冷子宸見他如狼一樣的目光盯着喬陽玫,眉心微微一擰,轉個身擋在了他面前,繼續看着他笑,“說的也是,這樣的事情确實不歸刑隊長管,那好,我們就談談關于姚浩強被殺一案。刑隊長一開始是懷疑我做的,對吧,你說你要拿出證據,我也等着,但是現在,貌似證據不足,刑隊長又有什麽好說的呢?還有,剛才畫面裏的那位嫩模,似乎更有殺害姚浩強的動機吧,刑隊長爲何隻是懷疑我呢?”
“就是,刑隊長這樣做,會給人懷疑你公報私仇的。”
“公報私仇?”立即有人抓着這是個敏感的字眼,将話筒朝着喬陽玫的面前伸,“請問喬小姐,冷總和刑隊喲什麽過節嗎?”

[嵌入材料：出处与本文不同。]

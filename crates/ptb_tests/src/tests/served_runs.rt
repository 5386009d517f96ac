// This file tests requests that run a program once, with a list of answers or with those of a seed.

use crate::tests::replies::{
    Kind, RUN, ServedRow, expect_reply, expect_served_rows, row, rows, served,
};
use crate::tests::shared::expect_same;
use ptb_serve::Outcome;
use rand_core::utils::NextWord;
use rand_pcg::Lcg64Xsh32;
use std::alloc::{AllocError, Global};
use std::process::Abort;
use std::test::Fail;

const RUNS_WITHOUT_INPUT: &[ServedRow<'static>] = rows! {
    (b"", b"", 0),
    (b"10 PRINT \"HI\"\n", b"HI\n", 0),
    (b"20 P.\"B\"\n10 P.'A',;P.\n", b"A\nB\n", 0),
    (b"10 P.\"A\";P.1", b"A\n     1\n", 0),
    (b"10 PRINT -32767-1", b"-32768\n", 0),
    (b"10 PRINT -(-32767-1)", b"HOW?\n10 PRINT -(-32767-1)?\n", 2),
    (b"10 PRINT 'ABC',_,\"X\",#3,7", b"ABC\rX  7\n", 0),
    (b"300 B=200,C=200\n310 LET A=B*C+2", b"HOW?\n310 LET A=B*C?+2\n", 2),
    (b"10 PRINT SIZE", b"  4083\n", 0),
    (b"10 GOS.30;N.J\n30 F.J=1TO9;R.", b"WHAT?\n10 GOS.30;N.J?\n", 1),
    (b"10 A=3,@(A)=A+1;P.@(3)", b"     4\n", 0),
    (b"10 F.I=1TO1;GOS.10", b"SORRY\n10 F.I=1TO1?;GOS.10\n", 3),
    (b"10 P.RND(2)", b"     2\n", 0, kind = Kind::Run(&[2])),
    (b"10 P.RND(2)", b"     1\n", 0, kind = Kind::Run(&[1, 9])),
    (b"10 GOTO 10", b"", 4, steps = 5),
    (b"10 F.I=1TO3S.2;P.I,;N.I", b"     1     3", 0, steps = 5),
    (b"10 F.I=1TO3S.2;P.I,;N.I", b"     1     3", 4, steps = 4),
    (b"10 P.RND(2)", b"", 6, kind = Kind::Run(&[])),
    (b"10 P.RND(2)", b"", 7, kind = Kind::Run(&[3])),
    (b"10 F.A=A+1TO RND(3);P.A,;N.A", b"     1     2", 0, kind = Kind::Run(&[2])),
    (b"10 GOSUB 10", b"SORRY\n10 GOSUB 10?\n", 3, steps = 257),
    (b"10 GOSUB 10", b"", 4, steps = 256),
    (b"10 @(27)=1", b"", 0, memory = 64),
    (b"10 @(28)=1", b"SORRY\n10 @(28)?=1\n", 3, memory = 64),
};

#[test]
fn runs_without_input(rt: HostRuntime) -> Result<(), Fail> {
    expect_served_rows(&rt, rt.alloc(), RUNS_WITHOUT_INPUT)?;
    Ok(())
}

const RUNS_OF_EACH_COMMAND: &[ServedRow<'static>] = rows! {
    (b"10 F.I=5TO1;P.I;N.I", b"     5\n", 0, steps = 3),
    (b"10 F.I=32766TO32767;N.I;P.I", b" 32767\n", 0, steps = 4),
    (b"10 GOSUB 40;P.1\n20 STOP\n40 P.2;RETURN", b"     2\n     1\n", 0, steps = 5),
    (b"10 IF 0 NONSENSE\n20 P.2/3;", b"     0\n", 0, steps = 2),
    (b"10 REM;P.1\n20 PRINT", b"\n", 0, steps = 2),
    (b"10 @(16371)=1;P.@(16371)", b"     1\n", 0, memory = 32767),
    (b"10 @(16372)=1;P.@(16372)", b"SORRY\n10 @(16372)?=1;P.@(16372)\n", 3, memory = 32767),
    (b"210 PTINT \"THIS\"", b"WHAT?\n210 P?TINT \"THIS\"\n", 1),
    (b"260 LET A=B+3, C=(3+4, X=4", b"WHAT?\n260 LET A=B+3, C=(3+4?, X=4\n", 1),
    (b"380 GOTO 412", b"HOW?\n380 GOTO 412?\n", 2),
    (b"10 PRINT 2*-3", b"WHAT?\n10 PRINT 2*?-3\n", 1),
    (b"10 PRINT 1<2<3", b"     1\nWHAT?\n10 PRINT 1<2?<3\n", 1),
    (b"10 P.32768", b"HOW?\n10 P.32768?\n", 2),
    (b"10 P.\"A\",'B", b"A\nWHAT?\n10 P.\"A\",?'B\n", 1),
    (b"10 P.#2,-123,#256,1", b"-123\nHOW?\n10 P.#2,-123,#256?,1\n", 2),
    (b"10 RETURN", b"WHAT?\n10 RETURN?\n", 1),
    (b"10 GOTO 10;P.1", b"WHAT?\n10 GOTO 10?;P.1\n", 1),
    (b"10 A=1/0", b"HOW?\n10 A=1/0?\n", 2),
    (b"10 A=B=0;P.A", b"     1\n", 0),
    (b"10 .1", b"WHAT?\n10 ?.1\n", 1),
    (b"10 P", b"WHAT?\n10 P?\n", 1),
    (b"10 PRINT.", b"WHAT?\n10 PRINT?.\n", 1),
    (b"10 I.1P.2", b"     2\n", 0),
    (b"10 P.S.", b"  4089\n", 0),
    (b"10 INPUT \"N", b"WHAT?\n10 INPUT ?\"N\n", 1),
    (b"10 P.1;;P.2", b"     1\nWHAT?\n10 P.1;?;P.2\n", 1),
    (b"10 @(32767)=1", b"SORRY\n10 @(32767)?=1\n", 3),
};

#[test]
fn runs_of_each_command(rt: HostRuntime) -> Result<(), Fail> {
    expect_served_rows(&rt, rt.alloc(), RUNS_OF_EACH_COMMAND)?;
    Ok(())
}

const RUNS_WITH_INPUT: &[ServedRow<'static>] = rows! {
    (b"10 INPUT A;PRINT A", b"A:RND(2)\n     1\n", 0, input = b"RND(2)\n", kind = Kind::Run(&[1])),
    (b"10 INPUT A", b"A:)\nWHAT?\nA:5\n", 0, input = b")\n5\n"),
    (b"10 INPUT A", b"A:)\nWHAT?\nA:5\n", 0, input = b")\n5"),
    (b"10 INPUT A", b"A:)\nWHAT?\nA:", 5, input = b")\n"),
    (b"10 INPUT A", b"A:", 5, input = b""),
    (b"10 INPUT @(RND(2))", b"@(RND(2)):)\nWHAT?\n@(RND(2)):5\n", 0, input = b")\n5\n", kind = Kind::Run(&[1, 1])),
    (b"10 INPUT \"N\"A,'!'", b"N:2+3 X\n!", 0, input = b"2+3 X\n"),
    (b"10 INPUT A;P.A", b"A: 71\n    71\n", 0, input = b"\t7\x01\x7f1\r\n"),
};

#[test]
fn runs_with_input(rt: HostRuntime) -> Result<(), Fail> {
    expect_served_rows(&rt, rt.alloc(), RUNS_WITH_INPUT)?;
    Ok(())
}

const ANSWERS_IN_PLACE_OF_LINES: &[ServedRow<'static>] = rows! {
    (b"10 INPUT A;PRINT A", b"A:", 6, choose = Some(2)),
    (b"10 INPUT A;PRINT A", b"A:", 7, kind = Kind::Run(&[3]), choose = Some(2)),
    (b"10 INPUT A;PRINT A", b"A:2\n     2\n", 0, kind = Kind::Run(&[2]), choose = Some(2)),
    (b"10 INPUT A,B;PRINT A-B", b"A:5\nB:9\n    -4\n", 0, kind = Kind::Run(&[9]), input = b"5\n", choose = Some(9)),
    (b"10 INPUT A;PRINT A", b"A:)\nWHAT?\nA:1\n     1\n", 0, kind = Kind::Run(&[1]), input = b")\n",
     choose = Some(2)),
    (b"10 INPUT A;PRINT RND(6)", b"A:3\n     5\n", 0, kind = Kind::Seed(7), choose = Some(6)),
};

// Where no line is left an answer stands for it, from 1 to the bound.
#[test]
fn answers_in_place_of_lines(rt: HostRuntime) -> Result<(), Fail> {
    expect_served_rows(&rt, rt.alloc(), ANSWERS_IN_PLACE_OF_LINES)?;
    Ok(())
}

const SEEDED_RUNS: &[ServedRow<'static>] = rows! {
    (b"10 P.RND(1)", b"     1\n", 0, kind = Kind::Seed(7)),
    (b"10 P.RND(6),RND(6),RND(100)", b"     3     5    13\n", 0, kind = Kind::Seed(7)),
    (b"10 INPUT A;PRINT A", b"A:RND(6)\n     3\n", 0, kind = Kind::Seed(7), input = b"RND(6)\n"),
    (b"10 INPUT A", b"A:", 5, kind = Kind::Seed(7)),
};

#[test]
fn seeded_runs(rt: HostRuntime) -> Result<(), Fail> {
    expect_served_rows(&rt, rt.alloc(), SEEDED_RUNS)?;
    Ok(())
}

// Twenty answers from 1 to 6, drawn from the generator here.
fn drawn_list(alloc: Global, seed: u64) -> Result<Vec<i16>, AllocError> {
    let mut generator = Lcg64Xsh32::new(seed, 1);
    let mut list = Vec::new(alloc);
    for _ in 0..20 {
        list.push((1 + generator.next_word() % 6) as i16)?;
    }
    Ok(list)
}

// What twenty questions for a number from 1 to 6 show.
fn twenty_rolls(alloc: Global, kind: Kind<'_>) -> Result<(Outcome, Vec<u8>), AllocError> {
    let row = row!(b"10 F.I=1TO20;P.RND(6),;N.I", b"", 0, kind = kind);
    served(alloc, &row, 5)
}

// The same with the list that is drawn.
fn twenty_drawn_rolls(alloc: Global, seed: u64) -> Result<(Outcome, Vec<u8>), AllocError> {
    let list = drawn_list(alloc, seed)?;
    twenty_rolls(alloc, Kind::Run(&list))
}

// Two runs, of which the second shows the same bytes as the first.
fn expect_same_rolls(rt: &impl Abort, by_list: (Outcome, Vec<u8>), by_seed: (Outcome, Vec<u8>)) {
    let found = (by_list.0.status, by_list.0.note, by_list.1.len());
    expect_same(rt, "twenty rolls", found, (0, None, 120));
    expect_reply(rt, by_seed, (0, None), &by_list.1);
}

// A run by a seed shows the same bytes as one with the list that is drawn.
#[test]
fn seeds_and_lists(rt: HostRuntime) -> Result<(), Fail> {
    for seed in [0, 1, 4294967295] {
        let by_list = twenty_drawn_rolls(rt.alloc(), seed)?;
        let by_seed = twenty_rolls(rt.alloc(), Kind::Seed(seed))?;
        expect_same_rolls(&rt, by_list, by_seed);
    }
    Ok(())
}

刑隊長嘴角抽搐,怒吼,“胡說八道,我什麽時候和冷副總裁有過節了,你不要在這裏轉移話題。”這女人到底在說什麽東西,根本就是混淆視聽。
喬陽玫聳聳肩,“有沒有你心裏最清楚了。”反正這話說出來,大家心裏有了懷疑,就不會将所有的焦點都集中在冷子宸身上了。
站在暗處的葉瑞風笑看着她,看來這一趟Z市之行,還是有所進展的,看看玫對宸宸的維護,似乎,離好事不遠了。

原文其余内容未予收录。